I can understand the desire for a margin of safety - but half of it? That seems ridiculous. Don't the automakers have a margin built-in already?


----------



## hecklerz (Dec 28, 2004)

BlackChrome said:


> Before anyone says anything, yes, this 'truck' is weak. You can't really tow/haul too much with it. But I can't imagine anyone who considers this 'truck' would crosshop it with a F150 or Ram anyway. It's like a car-based SUV with a short bed (um, nope, we aren't talking about a Subie Baja :rofl: ).
> 
> 'Highlights of the new Ridgeline truck include:
> 
> ...


WOW, just when you thought Isuzu made the UGLIEST trucks, Lol!

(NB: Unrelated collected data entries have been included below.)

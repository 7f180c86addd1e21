//! Reads formulas.
ghost use Rattle.std.specs.Prelude.{◌≡◌, ◌+◌, ◌<◌, ◌≤◌, [], ◌∷◌, ◌++◌, List, length, IfOk, IfErr, MatchOption};
ghost use Rattle.tff_grammar.specs.declared.trees.Variable as variables;
ghost use Rattle.tff_grammar.specs.declared.trees.Formula.TheVariants as the_formulas;
ghost use Rattle.tff_grammar.specs.Machine.{binders_value, formula_value, members_value, EndsChain, Reads, Stops};
ghost use Rattle.tff_grammar.specs.Machine as m;

use crate::cursor::{MAX_LEVELS, Pieces, binder_fault, copied, deeper, expect, next, syntax};
use crate::faults::Stop;
use crate::lists::{add, exact};
use crate::pieces::{Junction, Piece, Sign};
use crate::terms::term;
use crate::trees::{Formula, Variable};
use crate::types::argument_sort;
use sqlite_items::{Boxed, Items};
use std::alloc::Global;

/// A variable that a quantifier binds, and its sort where one is written.
fn variable<'a>(pieces: &Pieces<'a>, level: usize) -> Result<(Variable, Pieces<'a>), Stop>
    requires { level ≤ MAX_LEVELS }
    ensures ok { IfOk result
        (λ (v, rest). (bs : List variables.Variable)
        → Reads (m.binder ∷ []) (binders_value bs ∷ []) (m.more_binders ∷ [])
        (binders_value (bs ++ v ∷ []) ∷ []) level pieces.now rest) }
    ensures rest { IfOk result (λ (v, rest). length rest < length pieces.now) }
    ensures err { IfErr result (Stops (m.binder ∷ []) [] level pieces.now) }
{
    match next(pieces) {
        Some((Piece::Upper(name), after)) => match next(&after) {
            Some((Piece::Sign(Sign::Colon), behind)) => match next(&behind) {
                Some((piece, rest)) => match argument_sort(piece) {
                    Some(sort) => Ok((
                        Variable {
                            name,
                            sort: Some(sort),
                        },
                        rest,
                    )),
                    None => Err(binder_fault(&behind, level)),
                },
                None => Err(binder_fault(&behind, level)),
            },
            _ => Ok((Variable { name, sort: None }, after)),
        },
        _ => Err(syntax(pieces, level)),
    }
}

/// The variables that a quantifier binds, and the bracket behind them.
fn variables<'a>(
    alloc: Global,
    pieces: &Pieces<'a>,
    level: usize,
) -> Result<(Items<Variable>, Pieces<'a>), Stop>
    requires { level ≤ MAX_LEVELS }
    ensures ok { IfOk result
        (λ (vs, rest). Reads (m.binder ∷ []) (binders_value [] ∷ []) [] (binders_value vs ∷ []) level pieces.now rest) }
    ensures rest { IfOk result (λ (vs, rest). length rest ≤ length pieces.now) }
    ensures err { IfErr result (Stops (m.binder ∷ []) (binders_value [] ∷ []) level pieces.now) }
{
    let mut variables = Vec::new(alloc);
    let mut rest = copied(pieces);
    loop {
        let (variable, behind) = variable(&rest, level)?;
        add(&mut variables, variable)?;
        match next(&behind) {
            Some((Piece::Sign(Sign::Comma), after)) => rest = after,
            Some((Piece::Sign(Sign::CloseSquare), after)) => return Ok((exact(variables), after)),
            _ => return Err(syntax(&behind, level)),
        }
    }
}

/// A term, or two with a sign between them.
fn atom<'a>(alloc: Global, pieces: &Pieces<'a>, level: usize) -> Result<(Formula, Pieces<'a>), Stop>
    requires { level ≤ MAX_LEVELS }
    ensures ok { IfOk result
        (λ (f, rest). Reads (m.term ∷ m.second ∷ []) [] [] (formula_value f ∷ []) level pieces.now rest) }
    ensures rest { IfOk result (λ (f, rest). length rest < length pieces.now) }
    ensures err { IfErr result (Stops (m.term ∷ m.second ∷ []) [] level pieces.now) }
{
    let (left, rest) = term(alloc, pieces, level)?;
    match next(&rest) {
        Some((Piece::Relation(relation), after)) => {
            let (right, behind) = term(alloc, &after, level)?;
            Ok((Formula::Relation(relation, left, right), behind))
        }
        _ => Ok((Formula::Atom(left), rest)),
    }
}

/// What stands behind this sign at the front, where it does.
fn behind_junction<'a>(pieces: &Pieces<'a>, junction: Junction) -> Option<Pieces<'a>>
    ensures { MatchOption result (EndsChain junction pieces.now) (λ rest. pieces.now ≡ Piece.Junction junction ∷ rest) }
{
    match next(pieces) {
        Some((Piece::Junction(found), rest)) if found == junction => Some(rest),
        _ => None,
    }
}

#[cycle(formula)]
fn unit<'a>(alloc: Global, pieces: &Pieces<'a>, level: usize) -> Result<(Formula, Pieces<'a>), Stop>
    requires { level ≤ MAX_LEVELS }
    ensures ok { IfOk result (λ (f, rest). Reads (m.unit ∷ []) [] [] (formula_value f ∷ []) level pieces.now rest) }
    ensures rest { IfOk result (λ (f, rest). length rest < length pieces.now) }
    ensures err { IfErr result (Stops (m.unit ∷ []) [] level pieces.now) }
{
    match next(pieces) {
        Some((Piece::Sign(Sign::Not), after)) => {
            let inside = deeper(pieces, level)?;
            let (operand, rest) = unit(alloc, &after, inside)?;
            Ok((Formula::Not(Boxed::new(alloc, operand)?), rest))
        }
        Some((Piece::Quantifier(quantifier), after)) => {
            let inside = deeper(pieces, level)?;
            let open = expect(&after, Sign::OpenSquare, inside)?;
            let (variables, close) = variables(alloc, &open, inside)?;
            let behind = expect(&close, Sign::Colon, inside)?;
            let (body, rest) = unit(alloc, &behind, inside)?;
            Ok((
                Formula::Quantified(quantifier, variables, Boxed::new(alloc, body)?),
                rest,
            ))
        }
        Some((Piece::Sign(Sign::OpenRound), after)) => {
            let inside = deeper(pieces, level)?;
            let (formula, behind) = formula(alloc, &after, inside)?;
            let rest = expect(&behind, Sign::CloseRound, inside)?;
            Ok((formula, rest))
        }
        Some((Piece::Constant(constant), rest)) => Ok((Formula::Constant(constant), rest)),
        _ => atom(alloc, pieces, level),
    }
}

#[cycle(formula)]
pub(crate) fn formula<'a>(
    alloc: Global,
    pieces: &Pieces<'a>,
    level: usize,
) -> Result<(Formula, Pieces<'a>), Stop>
    requires { level ≤ MAX_LEVELS }
    ensures ok { IfOk result
        (λ (f, rest). Reads (m.unit ∷ m.tail ∷ []) [] [] (formula_value f ∷ []) level pieces.now rest) }
    ensures rest { IfOk result (λ (f, rest). length rest < length pieces.now) }
    ensures err { IfErr result (Stops (m.unit ∷ m.tail ∷ []) [] level pieces.now) }
{
    let (first, rest) = unit(alloc, pieces, level)?;
    match next(&rest) {
        Some((Piece::Link(link), after)) => {
            let (second, behind) = unit(alloc, &after, level)?;
            let formula = Formula::Linked(
                link,
                Boxed::new(alloc, first)?,
                Boxed::new(alloc, second)?,
            );
            Ok((formula, behind))
        }
        Some((Piece::Junction(junction), after)) => {
            let (members, behind) = members(alloc, junction, first, &after, level)?;
            Ok((Formula::Joined(junction, members), behind))
        }
        _ => Ok((first, rest)),
    }
}

/// The formulas behind a first one that the same sign joins to it.
#[cycle(formula)]
fn members<'a>(
    alloc: Global,
    junction: Junction,
    first: Formula,
    pieces: &Pieces<'a>,
    level: usize,
) -> Result<(Items<Formula>, Pieces<'a>), Stop>
    requires { level ≤ MAX_LEVELS }
    ensures ok { IfOk result
        (λ (fs, rest). Reads (m.unit ∷ m.chain junction ∷ []) (members_value (first ∷ []) ∷ []) []
        (formula_value (the_formulas.Joined junction fs) ∷ []) level pieces.now rest) }
    ensures rest { IfOk result (λ (fs, rest). length rest < length pieces.now) }
    ensures err { IfErr result
        (Stops (m.unit ∷ m.chain junction ∷ []) (members_value (first ∷ []) ∷ []) level pieces.now) }
{
    let mut members = Vec::new(alloc);
    add(&mut members, first)?;
    let mut rest = copied(pieces);
    loop {
        let (member, behind) = unit(alloc, &rest, level)?;
        add(&mut members, member)?;
        match behind_junction(&behind, junction) {
            Some(after) => rest = after,
            None => return Ok((exact(members), behind)),
        }
    }
}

Kinda looks like an early 80's Accord was used for design inspiration :rofl:


----------



## elbert (Mar 28, 2002)

The Roadstergal said:


> I can understand the desire for a margin of safety - but half of it? That seems ridiculous. Don't the automakers have a margin built-in already?


It's a general guideline. Ideally you don't want the truck to be struggling, and it will near its limits. And people have a tendency to underestimate how much they are actually towing--they forget to include tools, jacks, wheels, etc etc etc.

But then again, I think TeamM3 tows with a Crown Vic, so what do I know


----------



## gojira-san (Mar 1, 2004)

Quick OT here...



swchang said:


> Did I miss a thread? When did this (you getting rid of your truck) happen?


Nah, I didn't make a big deal about it. Although I liked the truck and it was problem-free, it was the only vehicle I owed money on, and it wasn't getting used. I've been using the Touring as the daily driver and the 3er as the fun car. I'm not towing any more and I have a Jeep for offroading. So, that's why it went. I also sold my Mini since it wasn't getting used - so I am down to 2 cars, 1 truck and a moto. My insurance agent loves me. :rofl:

So to tie it back to the topic... Comparing the Avalanche against the Ridgeline, I would buy another Avalanche. It's bigger but it has more functionality. The Ridgeline looks like an Avalanche wannabe. Even though GM gets bashed a lot, IMHO they build a decent truck and I've been happy with them.


----------



## brkf (May 26, 2003)

LmtdSlip said:


> I honestly dont think I would consider an import full size truck. Ford and Chevy have great offerings. The Titan is the only close one and it is much smaller than the lower priced Dodge, Ford or Chevy.


Smaller? lower priced? On what planet? The titan is a true full-size and it's cheaper, with more features than the competition.

"Open one of the Titan SE's four doors and climb into the cab, and you'll see why we named it our Most Significant Vehicle of the Year. The interior on this truck is cavernous, with best-in-class legroom and a rear seat as comfortable as anything you would find in a leading full-size sedan."

"...with a fully boxed ladder-type frame gives the Titan impressive towing and payload capacity, as it is capable of pulling up to 9,500 pounds."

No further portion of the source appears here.